══ Supplied records ══
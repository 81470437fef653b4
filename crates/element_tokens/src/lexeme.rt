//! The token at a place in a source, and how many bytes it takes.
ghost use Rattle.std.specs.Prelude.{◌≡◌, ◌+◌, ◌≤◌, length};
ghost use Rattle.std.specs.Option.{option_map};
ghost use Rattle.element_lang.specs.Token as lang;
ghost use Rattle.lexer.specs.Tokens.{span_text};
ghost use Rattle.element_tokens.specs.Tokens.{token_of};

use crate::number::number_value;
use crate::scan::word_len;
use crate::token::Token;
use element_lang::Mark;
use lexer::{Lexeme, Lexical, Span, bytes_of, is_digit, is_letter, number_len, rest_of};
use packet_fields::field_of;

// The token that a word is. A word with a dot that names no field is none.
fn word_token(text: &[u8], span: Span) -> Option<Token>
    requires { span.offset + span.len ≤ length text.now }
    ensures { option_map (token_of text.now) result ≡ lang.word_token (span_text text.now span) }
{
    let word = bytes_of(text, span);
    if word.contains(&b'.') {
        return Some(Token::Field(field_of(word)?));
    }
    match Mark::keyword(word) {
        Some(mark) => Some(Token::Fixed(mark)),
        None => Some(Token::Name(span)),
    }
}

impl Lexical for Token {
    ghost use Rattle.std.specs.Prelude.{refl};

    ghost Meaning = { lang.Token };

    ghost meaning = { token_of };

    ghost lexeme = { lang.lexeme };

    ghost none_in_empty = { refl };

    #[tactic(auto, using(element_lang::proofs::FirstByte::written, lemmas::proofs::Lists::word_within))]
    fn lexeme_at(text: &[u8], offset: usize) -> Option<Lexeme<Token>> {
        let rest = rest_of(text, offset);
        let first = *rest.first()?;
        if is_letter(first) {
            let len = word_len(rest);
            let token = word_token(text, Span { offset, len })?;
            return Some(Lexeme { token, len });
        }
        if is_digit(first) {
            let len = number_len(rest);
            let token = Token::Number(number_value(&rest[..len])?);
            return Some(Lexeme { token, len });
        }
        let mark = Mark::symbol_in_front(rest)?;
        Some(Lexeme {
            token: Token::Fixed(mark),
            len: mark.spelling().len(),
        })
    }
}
═══
══ Supplied records ══
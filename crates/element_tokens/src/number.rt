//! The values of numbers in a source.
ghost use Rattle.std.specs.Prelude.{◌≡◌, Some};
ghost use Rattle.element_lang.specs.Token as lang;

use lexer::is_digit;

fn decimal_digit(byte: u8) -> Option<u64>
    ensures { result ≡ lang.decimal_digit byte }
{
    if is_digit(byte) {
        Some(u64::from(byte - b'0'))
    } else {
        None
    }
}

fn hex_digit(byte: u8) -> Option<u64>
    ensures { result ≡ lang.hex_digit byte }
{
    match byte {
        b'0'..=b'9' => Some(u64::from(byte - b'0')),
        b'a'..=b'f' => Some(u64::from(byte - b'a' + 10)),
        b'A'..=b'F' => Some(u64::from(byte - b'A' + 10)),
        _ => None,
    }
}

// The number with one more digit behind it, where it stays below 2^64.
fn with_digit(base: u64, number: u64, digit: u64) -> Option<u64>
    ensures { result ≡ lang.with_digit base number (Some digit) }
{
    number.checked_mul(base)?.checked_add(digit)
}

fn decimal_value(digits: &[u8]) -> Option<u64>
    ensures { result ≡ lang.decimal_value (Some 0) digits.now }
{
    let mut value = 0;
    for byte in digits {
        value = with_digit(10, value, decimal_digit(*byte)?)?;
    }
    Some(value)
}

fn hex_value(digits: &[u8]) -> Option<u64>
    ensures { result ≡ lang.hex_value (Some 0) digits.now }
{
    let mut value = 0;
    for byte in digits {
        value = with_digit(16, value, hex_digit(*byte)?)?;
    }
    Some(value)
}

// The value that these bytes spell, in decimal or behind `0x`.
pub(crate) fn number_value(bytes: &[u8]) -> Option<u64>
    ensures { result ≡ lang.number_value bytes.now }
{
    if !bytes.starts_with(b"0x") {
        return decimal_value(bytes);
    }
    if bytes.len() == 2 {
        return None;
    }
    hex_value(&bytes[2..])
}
═══
Your task:
Search the material above for the string "that", and copy every line in which it turns up.

Exercise output:
// The token that a word is. A word with a dot that names no field is none.
// The value that these bytes spell, in decimal or behind `0x`.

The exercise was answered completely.